DATA SUPPLIED START

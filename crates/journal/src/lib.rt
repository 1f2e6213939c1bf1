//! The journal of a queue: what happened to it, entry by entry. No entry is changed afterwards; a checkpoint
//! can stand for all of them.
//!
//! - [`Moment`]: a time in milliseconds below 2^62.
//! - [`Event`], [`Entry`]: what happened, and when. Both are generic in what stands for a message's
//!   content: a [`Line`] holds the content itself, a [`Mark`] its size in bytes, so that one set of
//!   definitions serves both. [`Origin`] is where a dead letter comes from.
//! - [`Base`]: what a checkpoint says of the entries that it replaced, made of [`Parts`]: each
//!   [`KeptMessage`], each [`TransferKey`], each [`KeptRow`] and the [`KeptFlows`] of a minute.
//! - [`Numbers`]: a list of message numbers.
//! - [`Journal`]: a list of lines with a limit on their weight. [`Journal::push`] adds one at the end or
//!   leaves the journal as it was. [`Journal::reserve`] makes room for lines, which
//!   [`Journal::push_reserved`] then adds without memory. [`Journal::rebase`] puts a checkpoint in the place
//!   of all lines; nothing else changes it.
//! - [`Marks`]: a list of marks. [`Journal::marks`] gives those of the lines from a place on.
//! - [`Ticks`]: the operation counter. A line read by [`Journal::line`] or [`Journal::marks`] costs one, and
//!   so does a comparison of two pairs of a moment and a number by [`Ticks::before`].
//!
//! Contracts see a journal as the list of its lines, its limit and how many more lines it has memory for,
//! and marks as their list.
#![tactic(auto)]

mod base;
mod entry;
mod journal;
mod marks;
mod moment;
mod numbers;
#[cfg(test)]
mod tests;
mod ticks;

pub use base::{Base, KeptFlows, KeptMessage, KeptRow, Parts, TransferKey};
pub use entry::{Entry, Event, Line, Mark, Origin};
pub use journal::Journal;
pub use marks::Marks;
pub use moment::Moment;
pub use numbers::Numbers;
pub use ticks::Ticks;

DATA SUPPLIED END

**INSTRUCTIONS TO FOLLOW:**
Line by line, please copy the listing exactly.

**ANSWER TO THIS PROBLEM:**
filename crates/journal/src/lib.rt
repository 1f2e6213939c1bf1
//! The journal of a queue: what happened to it, entry by entry. No entry is changed afterwards; a checkpoint
//! can stand for all of them.
//!
//! - [`Moment`]: a time in milliseconds below 2^62.
//! - [`Event`], [`Entry`]: what happened, and when. Both are generic in what stands for a message's
//!   content: a [`Line`] holds the content itself, a [`Mark`] its size in bytes, so that one set of
//!   definitions serves both. [`Origin`] is where a dead letter comes from.
//! - [`Base`]: what a checkpoint says of the entries that it replaced, made of [`Parts`]: each
//!   [`KeptMessage`], each [`TransferKey`], each [`KeptRow`] and the [`KeptFlows`] of a minute.
//! - [`Numbers`]: a list of message numbers.
//! - [`Journal`]: a list of lines with a limit on their weight. [`Journal::push`] adds one at the end or
//!   leaves the journal as it was. [`Journal::reserve`] makes room for lines, which
//!   [`Journal::push_reserved`] then adds without memory. [`Journal::rebase`] puts a checkpoint in the place
//!   of all lines; nothing else changes it.
//! - [`Marks`]: a list of marks. [`Journal::marks`] gives those of the lines from a place on.
//! - [`Ticks`]: the operation counter. A line read by [`Journal::line`] or [`Journal::marks`] costs one, and
//!   so does a comparison of two pairs of a moment and a number by [`Ticks::before`].
//!
//! Contracts see a journal as the list of its lines, its limit and how many more lines it has memory for,
//! and marks as their list.
#![tactic(auto)]

mod base;
mod entry;
mod journal;
mod marks;
mod moment;
mod numbers;
#[cfg(test)]
mod tests;
mod ticks;

pub use base::{Base, KeptFlows, KeptMessage, KeptRow, Parts, TransferKey};
pub use entry::{Entry, Event, Line, Mark, Origin};
pub use journal::Journal;
pub use marks::Marks;
pub use moment::Moment;
pub use numbers::Numbers;
pub use ticks::Ticks;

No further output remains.